__Provided material__

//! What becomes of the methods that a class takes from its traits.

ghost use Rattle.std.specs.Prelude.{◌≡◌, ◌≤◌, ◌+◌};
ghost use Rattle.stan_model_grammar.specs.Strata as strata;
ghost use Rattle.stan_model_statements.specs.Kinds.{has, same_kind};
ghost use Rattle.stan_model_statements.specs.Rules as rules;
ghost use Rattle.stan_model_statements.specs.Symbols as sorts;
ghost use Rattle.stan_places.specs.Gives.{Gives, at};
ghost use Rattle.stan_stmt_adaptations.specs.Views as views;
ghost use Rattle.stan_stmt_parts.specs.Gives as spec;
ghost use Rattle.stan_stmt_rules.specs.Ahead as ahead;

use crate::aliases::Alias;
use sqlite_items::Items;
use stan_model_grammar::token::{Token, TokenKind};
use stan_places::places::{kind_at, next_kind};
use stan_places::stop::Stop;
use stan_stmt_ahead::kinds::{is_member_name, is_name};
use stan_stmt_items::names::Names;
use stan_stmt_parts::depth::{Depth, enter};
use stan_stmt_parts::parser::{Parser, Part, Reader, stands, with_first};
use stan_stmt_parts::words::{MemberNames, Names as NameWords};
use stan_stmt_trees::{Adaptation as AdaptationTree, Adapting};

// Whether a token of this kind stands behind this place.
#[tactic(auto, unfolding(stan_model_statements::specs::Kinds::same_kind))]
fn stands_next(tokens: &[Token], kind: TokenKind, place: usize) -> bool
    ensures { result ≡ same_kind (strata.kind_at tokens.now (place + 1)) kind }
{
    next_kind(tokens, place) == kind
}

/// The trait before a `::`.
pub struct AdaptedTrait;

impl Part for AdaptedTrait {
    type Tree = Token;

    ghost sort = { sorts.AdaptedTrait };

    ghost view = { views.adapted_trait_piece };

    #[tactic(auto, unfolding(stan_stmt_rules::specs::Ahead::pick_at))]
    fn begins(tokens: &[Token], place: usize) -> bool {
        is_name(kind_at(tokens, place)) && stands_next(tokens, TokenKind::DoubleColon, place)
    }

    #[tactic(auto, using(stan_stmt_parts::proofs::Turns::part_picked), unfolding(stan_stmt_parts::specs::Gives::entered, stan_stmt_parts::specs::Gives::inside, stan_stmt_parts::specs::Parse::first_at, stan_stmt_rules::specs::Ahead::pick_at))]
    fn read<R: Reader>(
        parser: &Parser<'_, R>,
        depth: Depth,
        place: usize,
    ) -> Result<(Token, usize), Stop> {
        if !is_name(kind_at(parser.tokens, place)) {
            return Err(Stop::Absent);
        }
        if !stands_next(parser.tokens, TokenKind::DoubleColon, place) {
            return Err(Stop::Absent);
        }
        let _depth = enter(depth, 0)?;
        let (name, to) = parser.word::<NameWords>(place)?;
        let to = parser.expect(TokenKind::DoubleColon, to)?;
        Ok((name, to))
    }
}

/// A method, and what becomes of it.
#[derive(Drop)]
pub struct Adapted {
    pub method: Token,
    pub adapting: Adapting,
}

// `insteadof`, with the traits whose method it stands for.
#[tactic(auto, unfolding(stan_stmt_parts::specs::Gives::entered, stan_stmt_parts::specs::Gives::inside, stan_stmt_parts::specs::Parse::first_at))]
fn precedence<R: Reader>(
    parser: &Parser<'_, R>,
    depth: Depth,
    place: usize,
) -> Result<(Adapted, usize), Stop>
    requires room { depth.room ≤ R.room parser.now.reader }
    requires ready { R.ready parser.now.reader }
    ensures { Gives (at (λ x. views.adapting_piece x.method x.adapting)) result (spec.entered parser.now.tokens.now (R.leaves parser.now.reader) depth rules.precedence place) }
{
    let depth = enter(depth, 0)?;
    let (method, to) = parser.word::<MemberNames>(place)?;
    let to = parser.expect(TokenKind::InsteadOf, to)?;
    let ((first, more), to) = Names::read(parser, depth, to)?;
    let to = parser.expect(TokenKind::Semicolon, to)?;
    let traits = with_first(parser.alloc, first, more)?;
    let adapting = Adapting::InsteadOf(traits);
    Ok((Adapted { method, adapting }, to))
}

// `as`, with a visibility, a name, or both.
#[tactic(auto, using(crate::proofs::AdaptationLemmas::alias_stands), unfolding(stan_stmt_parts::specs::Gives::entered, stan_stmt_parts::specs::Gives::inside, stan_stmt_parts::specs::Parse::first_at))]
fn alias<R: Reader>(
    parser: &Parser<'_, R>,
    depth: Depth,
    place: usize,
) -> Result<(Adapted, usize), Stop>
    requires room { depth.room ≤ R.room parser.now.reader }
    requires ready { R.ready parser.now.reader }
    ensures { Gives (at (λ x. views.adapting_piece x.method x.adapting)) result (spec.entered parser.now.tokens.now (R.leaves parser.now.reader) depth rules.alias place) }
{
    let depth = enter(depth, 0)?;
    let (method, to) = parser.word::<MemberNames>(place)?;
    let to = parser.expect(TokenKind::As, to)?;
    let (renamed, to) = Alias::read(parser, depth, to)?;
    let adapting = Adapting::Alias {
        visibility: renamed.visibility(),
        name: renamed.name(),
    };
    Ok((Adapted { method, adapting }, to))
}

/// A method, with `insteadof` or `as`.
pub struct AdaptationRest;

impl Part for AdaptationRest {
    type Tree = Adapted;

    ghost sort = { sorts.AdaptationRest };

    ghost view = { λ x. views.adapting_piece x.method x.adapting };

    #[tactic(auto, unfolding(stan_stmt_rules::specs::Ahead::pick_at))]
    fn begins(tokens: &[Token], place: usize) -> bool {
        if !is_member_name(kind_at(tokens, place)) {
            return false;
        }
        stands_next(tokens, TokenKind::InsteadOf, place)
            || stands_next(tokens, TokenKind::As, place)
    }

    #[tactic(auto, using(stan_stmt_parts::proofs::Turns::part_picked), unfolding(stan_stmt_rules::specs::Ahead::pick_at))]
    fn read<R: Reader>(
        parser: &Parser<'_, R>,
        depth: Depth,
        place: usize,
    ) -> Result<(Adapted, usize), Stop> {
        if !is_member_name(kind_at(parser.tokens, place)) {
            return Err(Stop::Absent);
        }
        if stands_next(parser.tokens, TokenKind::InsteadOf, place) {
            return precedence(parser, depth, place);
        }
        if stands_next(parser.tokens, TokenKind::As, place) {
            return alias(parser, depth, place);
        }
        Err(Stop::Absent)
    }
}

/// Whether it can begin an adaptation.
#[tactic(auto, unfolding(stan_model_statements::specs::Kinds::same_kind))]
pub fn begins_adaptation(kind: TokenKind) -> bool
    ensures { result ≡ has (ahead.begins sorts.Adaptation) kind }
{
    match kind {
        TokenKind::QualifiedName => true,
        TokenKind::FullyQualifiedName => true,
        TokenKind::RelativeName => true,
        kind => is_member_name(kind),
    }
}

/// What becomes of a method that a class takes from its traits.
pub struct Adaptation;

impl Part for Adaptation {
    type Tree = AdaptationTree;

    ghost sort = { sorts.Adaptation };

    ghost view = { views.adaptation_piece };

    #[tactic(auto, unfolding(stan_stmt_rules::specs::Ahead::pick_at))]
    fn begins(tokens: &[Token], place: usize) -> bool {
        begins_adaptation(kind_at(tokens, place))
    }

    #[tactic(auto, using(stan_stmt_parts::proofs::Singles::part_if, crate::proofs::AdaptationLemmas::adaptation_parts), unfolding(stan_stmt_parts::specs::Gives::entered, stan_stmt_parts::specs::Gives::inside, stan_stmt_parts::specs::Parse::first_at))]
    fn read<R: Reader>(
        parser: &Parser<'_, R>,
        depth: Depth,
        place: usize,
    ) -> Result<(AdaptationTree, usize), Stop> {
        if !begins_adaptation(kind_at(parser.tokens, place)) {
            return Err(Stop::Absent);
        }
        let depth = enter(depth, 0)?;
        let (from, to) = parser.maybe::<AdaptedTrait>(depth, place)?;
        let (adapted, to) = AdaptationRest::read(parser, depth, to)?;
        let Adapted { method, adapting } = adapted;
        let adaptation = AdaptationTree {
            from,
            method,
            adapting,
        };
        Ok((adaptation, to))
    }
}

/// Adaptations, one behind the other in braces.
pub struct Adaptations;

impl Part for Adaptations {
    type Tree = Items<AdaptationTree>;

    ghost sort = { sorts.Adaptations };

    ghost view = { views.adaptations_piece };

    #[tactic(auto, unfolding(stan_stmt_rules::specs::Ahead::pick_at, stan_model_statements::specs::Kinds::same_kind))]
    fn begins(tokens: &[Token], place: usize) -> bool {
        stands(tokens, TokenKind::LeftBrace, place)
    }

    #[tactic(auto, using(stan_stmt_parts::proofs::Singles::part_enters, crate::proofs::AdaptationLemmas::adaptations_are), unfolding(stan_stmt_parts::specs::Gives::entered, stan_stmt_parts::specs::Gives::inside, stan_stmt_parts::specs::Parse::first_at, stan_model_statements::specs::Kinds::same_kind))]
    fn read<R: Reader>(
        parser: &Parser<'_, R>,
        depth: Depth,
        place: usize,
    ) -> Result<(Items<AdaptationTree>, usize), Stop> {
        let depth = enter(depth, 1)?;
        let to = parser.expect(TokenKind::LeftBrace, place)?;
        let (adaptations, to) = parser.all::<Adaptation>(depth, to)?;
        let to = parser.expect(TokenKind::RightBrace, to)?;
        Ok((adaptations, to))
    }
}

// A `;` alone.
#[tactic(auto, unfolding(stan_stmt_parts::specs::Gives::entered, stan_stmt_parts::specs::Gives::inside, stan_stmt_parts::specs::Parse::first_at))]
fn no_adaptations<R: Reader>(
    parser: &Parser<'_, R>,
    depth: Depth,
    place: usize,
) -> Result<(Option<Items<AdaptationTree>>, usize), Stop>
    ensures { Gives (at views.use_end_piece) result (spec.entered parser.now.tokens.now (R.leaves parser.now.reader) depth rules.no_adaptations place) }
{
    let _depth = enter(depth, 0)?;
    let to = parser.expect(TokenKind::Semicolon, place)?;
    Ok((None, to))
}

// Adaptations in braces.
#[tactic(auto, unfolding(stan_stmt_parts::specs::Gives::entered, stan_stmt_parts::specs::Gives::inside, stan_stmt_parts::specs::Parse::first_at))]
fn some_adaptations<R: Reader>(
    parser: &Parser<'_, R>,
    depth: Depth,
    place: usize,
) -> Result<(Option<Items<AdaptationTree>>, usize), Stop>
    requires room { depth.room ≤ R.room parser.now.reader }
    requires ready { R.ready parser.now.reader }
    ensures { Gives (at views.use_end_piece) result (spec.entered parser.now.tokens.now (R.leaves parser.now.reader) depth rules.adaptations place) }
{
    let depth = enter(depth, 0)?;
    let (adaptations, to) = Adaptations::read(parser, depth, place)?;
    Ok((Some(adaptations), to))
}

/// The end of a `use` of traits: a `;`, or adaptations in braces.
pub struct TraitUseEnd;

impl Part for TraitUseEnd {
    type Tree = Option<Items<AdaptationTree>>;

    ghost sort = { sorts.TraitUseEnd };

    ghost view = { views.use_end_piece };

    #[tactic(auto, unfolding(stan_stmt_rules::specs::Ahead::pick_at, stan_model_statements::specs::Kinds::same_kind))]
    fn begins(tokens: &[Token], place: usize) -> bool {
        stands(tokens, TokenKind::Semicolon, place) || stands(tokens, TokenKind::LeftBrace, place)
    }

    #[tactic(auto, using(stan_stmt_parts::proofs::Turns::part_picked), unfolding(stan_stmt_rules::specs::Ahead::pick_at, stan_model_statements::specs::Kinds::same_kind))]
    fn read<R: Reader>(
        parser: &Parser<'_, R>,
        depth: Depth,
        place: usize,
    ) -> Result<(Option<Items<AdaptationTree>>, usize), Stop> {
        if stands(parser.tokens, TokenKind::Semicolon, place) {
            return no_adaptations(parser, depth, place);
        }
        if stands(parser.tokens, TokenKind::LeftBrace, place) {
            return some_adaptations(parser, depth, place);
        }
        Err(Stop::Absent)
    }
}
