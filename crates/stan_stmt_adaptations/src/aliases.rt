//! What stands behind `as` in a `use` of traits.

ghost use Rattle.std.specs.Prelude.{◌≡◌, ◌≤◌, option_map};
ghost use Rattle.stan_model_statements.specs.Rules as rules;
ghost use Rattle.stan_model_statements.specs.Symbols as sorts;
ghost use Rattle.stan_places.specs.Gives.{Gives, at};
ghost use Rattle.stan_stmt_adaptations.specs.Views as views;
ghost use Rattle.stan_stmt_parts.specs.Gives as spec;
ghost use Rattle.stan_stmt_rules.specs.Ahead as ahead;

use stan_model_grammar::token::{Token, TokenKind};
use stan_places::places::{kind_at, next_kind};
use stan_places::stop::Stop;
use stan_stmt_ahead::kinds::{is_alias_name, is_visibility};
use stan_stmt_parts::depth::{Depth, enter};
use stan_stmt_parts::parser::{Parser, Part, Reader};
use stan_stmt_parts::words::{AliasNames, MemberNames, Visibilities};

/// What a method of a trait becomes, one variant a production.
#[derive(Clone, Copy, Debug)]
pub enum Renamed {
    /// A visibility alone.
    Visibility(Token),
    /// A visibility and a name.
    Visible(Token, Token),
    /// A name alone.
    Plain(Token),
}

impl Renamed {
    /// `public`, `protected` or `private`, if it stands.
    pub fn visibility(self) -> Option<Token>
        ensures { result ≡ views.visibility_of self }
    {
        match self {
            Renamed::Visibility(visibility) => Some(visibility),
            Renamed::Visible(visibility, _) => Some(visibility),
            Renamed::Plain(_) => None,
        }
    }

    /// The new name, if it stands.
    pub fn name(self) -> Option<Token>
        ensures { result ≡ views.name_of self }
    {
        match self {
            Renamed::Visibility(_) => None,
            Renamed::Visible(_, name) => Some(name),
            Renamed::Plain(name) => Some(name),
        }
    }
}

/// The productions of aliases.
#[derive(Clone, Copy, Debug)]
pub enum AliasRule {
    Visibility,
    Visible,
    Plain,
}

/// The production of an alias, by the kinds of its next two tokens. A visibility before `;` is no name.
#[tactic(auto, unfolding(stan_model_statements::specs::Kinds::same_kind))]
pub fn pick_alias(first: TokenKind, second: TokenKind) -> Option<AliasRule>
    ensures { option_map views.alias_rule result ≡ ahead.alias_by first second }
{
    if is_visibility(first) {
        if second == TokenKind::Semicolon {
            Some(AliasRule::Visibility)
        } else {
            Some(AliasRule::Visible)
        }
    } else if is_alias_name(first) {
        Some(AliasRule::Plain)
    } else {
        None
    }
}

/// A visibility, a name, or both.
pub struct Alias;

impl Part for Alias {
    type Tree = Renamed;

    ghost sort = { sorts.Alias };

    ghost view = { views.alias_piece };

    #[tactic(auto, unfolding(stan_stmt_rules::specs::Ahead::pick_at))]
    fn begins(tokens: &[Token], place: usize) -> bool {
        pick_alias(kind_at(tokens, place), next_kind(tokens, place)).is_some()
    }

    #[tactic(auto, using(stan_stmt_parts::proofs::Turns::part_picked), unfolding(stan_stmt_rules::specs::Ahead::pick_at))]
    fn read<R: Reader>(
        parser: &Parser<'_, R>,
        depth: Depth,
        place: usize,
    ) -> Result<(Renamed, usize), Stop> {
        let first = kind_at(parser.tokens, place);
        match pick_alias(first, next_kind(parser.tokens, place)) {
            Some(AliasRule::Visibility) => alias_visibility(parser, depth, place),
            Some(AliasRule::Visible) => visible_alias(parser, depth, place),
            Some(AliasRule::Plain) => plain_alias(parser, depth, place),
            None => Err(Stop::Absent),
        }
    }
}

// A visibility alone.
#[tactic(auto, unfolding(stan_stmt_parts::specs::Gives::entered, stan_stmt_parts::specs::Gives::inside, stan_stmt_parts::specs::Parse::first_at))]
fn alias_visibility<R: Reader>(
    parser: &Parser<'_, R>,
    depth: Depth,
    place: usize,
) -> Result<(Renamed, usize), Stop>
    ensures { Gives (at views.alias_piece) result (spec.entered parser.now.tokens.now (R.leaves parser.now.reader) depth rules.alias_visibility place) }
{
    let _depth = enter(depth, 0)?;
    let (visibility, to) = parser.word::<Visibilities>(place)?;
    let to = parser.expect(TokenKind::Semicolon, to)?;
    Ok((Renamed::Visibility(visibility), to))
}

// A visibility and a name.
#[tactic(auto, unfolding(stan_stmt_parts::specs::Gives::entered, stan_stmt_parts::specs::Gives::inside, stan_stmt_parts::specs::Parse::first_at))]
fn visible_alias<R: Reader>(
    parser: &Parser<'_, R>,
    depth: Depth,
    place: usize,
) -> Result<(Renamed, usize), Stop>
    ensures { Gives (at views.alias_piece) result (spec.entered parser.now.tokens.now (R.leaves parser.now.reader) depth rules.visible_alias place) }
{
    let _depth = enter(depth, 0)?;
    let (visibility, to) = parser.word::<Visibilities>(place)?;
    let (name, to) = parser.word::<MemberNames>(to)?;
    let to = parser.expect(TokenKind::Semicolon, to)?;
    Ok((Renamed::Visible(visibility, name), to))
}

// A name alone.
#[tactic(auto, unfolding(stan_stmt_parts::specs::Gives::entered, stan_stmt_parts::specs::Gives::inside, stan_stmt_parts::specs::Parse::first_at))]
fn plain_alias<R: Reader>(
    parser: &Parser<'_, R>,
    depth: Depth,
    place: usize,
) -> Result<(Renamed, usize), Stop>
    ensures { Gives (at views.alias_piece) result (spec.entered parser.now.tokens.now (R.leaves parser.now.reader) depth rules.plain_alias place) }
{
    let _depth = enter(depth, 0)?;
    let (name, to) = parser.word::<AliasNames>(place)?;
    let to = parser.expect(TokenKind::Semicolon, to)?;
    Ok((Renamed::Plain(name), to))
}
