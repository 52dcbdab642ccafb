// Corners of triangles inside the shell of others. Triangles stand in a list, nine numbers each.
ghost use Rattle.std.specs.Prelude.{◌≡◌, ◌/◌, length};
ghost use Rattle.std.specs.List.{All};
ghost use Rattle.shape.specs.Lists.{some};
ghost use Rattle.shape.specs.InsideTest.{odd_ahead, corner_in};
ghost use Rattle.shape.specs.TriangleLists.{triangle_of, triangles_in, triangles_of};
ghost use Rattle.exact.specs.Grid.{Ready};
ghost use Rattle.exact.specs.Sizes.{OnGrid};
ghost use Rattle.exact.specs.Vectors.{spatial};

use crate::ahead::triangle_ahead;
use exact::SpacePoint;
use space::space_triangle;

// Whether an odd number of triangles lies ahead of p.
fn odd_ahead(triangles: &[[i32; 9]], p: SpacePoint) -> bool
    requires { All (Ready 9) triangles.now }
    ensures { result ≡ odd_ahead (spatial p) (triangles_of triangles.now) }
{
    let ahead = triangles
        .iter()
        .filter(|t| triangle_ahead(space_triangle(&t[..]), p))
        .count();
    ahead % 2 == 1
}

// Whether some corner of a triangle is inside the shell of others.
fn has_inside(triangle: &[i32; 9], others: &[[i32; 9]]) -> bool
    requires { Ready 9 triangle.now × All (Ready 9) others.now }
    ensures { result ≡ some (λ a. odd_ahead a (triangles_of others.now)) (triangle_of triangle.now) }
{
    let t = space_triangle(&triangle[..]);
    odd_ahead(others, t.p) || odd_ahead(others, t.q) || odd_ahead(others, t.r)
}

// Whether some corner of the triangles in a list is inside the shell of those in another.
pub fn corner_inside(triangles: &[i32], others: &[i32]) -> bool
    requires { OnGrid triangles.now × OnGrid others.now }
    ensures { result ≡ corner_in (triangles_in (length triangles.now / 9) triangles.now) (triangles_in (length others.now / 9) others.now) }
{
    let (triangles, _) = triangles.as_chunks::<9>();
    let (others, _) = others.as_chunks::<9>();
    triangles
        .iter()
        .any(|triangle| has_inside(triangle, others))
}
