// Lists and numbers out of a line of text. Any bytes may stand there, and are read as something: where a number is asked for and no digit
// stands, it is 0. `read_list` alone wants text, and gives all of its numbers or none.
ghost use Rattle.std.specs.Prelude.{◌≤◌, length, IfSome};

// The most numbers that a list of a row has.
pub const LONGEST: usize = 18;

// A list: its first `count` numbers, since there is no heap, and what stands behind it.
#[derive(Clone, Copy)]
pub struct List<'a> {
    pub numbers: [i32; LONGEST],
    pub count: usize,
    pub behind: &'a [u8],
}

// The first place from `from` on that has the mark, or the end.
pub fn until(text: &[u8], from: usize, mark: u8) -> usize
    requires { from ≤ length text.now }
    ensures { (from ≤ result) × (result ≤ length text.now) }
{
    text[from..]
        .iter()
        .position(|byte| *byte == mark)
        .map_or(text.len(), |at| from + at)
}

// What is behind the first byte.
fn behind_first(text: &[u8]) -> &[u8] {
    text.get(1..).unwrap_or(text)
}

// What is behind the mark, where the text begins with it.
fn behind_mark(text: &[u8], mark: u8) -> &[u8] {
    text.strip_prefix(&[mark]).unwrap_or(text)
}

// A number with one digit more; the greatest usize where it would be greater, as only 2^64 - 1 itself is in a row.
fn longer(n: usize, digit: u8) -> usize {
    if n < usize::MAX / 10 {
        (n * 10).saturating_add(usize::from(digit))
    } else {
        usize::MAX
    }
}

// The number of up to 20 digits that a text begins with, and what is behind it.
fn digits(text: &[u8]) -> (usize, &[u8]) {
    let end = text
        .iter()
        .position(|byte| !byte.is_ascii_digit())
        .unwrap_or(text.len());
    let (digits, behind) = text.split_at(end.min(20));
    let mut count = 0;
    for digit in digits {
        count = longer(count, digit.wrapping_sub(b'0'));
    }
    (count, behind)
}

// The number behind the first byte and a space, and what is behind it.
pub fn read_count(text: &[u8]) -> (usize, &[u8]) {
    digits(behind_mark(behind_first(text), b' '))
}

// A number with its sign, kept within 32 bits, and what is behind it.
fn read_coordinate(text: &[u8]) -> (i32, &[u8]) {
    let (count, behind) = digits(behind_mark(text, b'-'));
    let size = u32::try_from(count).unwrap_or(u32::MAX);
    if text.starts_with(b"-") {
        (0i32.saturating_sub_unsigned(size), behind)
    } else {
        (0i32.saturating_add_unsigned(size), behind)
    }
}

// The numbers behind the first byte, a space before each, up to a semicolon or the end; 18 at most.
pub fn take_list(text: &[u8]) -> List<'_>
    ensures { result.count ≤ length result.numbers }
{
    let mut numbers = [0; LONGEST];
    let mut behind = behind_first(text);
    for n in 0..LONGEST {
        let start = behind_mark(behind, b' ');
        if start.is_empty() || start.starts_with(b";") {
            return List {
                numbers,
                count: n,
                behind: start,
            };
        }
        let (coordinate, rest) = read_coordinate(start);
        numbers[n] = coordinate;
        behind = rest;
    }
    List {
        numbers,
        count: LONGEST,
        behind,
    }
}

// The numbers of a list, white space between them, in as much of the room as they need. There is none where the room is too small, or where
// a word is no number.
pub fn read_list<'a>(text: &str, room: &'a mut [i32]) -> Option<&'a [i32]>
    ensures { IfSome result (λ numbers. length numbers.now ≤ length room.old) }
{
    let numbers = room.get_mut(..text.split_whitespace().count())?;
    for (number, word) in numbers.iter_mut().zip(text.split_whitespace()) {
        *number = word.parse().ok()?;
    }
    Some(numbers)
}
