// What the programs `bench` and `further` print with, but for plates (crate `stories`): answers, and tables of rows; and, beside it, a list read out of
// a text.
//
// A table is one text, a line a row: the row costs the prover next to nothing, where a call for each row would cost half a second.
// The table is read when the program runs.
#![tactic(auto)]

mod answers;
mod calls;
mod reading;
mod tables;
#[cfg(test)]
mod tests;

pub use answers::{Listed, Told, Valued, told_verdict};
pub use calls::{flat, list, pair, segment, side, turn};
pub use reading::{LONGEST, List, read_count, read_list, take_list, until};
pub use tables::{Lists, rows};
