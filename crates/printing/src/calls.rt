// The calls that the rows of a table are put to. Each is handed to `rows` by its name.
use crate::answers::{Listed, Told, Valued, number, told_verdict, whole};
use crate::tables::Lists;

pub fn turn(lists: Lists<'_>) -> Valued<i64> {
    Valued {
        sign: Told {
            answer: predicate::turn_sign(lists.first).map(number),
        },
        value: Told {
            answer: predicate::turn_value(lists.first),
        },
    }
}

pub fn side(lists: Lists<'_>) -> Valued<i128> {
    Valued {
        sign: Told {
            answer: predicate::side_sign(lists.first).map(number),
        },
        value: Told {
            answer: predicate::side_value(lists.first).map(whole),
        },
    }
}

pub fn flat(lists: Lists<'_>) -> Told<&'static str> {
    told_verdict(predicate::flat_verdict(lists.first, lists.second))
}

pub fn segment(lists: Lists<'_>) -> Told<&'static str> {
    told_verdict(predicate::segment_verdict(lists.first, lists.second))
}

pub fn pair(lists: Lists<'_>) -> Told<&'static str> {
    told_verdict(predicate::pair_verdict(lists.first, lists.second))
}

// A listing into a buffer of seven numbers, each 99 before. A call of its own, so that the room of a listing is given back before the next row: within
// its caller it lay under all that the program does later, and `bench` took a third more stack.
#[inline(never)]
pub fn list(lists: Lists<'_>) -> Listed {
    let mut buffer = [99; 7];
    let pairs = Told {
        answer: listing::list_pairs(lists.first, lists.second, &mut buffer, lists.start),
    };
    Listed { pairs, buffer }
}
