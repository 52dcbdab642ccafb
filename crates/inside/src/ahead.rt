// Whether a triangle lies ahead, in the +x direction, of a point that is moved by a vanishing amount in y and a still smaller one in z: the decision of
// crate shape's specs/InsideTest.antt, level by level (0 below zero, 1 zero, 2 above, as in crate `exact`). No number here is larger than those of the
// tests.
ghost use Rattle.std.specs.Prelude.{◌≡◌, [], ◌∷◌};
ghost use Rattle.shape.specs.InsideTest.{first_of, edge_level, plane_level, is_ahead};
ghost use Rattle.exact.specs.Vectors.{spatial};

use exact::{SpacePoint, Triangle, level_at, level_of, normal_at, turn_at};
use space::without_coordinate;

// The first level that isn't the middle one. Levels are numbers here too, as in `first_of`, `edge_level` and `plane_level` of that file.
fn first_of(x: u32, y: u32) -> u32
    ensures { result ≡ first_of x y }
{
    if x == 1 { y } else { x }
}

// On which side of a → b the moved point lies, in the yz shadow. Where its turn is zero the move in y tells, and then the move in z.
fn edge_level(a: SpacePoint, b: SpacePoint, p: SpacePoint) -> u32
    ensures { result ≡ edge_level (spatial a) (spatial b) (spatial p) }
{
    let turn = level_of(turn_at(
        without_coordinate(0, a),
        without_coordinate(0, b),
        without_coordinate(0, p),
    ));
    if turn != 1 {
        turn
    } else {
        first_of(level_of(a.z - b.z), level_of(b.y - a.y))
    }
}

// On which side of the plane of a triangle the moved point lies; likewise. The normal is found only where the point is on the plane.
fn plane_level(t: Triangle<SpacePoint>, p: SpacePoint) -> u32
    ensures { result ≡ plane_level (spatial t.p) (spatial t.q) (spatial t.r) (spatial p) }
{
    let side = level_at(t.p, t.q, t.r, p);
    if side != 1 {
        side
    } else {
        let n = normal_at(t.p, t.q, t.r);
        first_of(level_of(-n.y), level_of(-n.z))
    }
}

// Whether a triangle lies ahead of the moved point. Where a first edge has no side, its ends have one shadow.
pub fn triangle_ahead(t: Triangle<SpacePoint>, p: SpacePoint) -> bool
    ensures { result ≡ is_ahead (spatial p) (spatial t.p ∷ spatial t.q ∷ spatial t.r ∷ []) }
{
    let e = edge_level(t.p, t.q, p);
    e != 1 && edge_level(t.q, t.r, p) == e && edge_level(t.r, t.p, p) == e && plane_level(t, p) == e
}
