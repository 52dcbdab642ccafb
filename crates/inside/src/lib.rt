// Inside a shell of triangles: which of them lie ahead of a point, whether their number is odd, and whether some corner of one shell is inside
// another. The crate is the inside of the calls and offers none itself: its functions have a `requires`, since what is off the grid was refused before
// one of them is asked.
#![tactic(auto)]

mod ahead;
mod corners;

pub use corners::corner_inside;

__Work to complete__
Copy each line in the entries above where "buffer" turns up.

__Answer to this task__
// A listing into a buffer of seven numbers, each 99 before. A call of its own, so that the room of a listing is given back before the next row: within
    let mut buffer = [99; 7];
        answer: listing::list_pairs(lists.first, lists.second, &mut buffer, lists.start),
    Listed { pairs, buffer }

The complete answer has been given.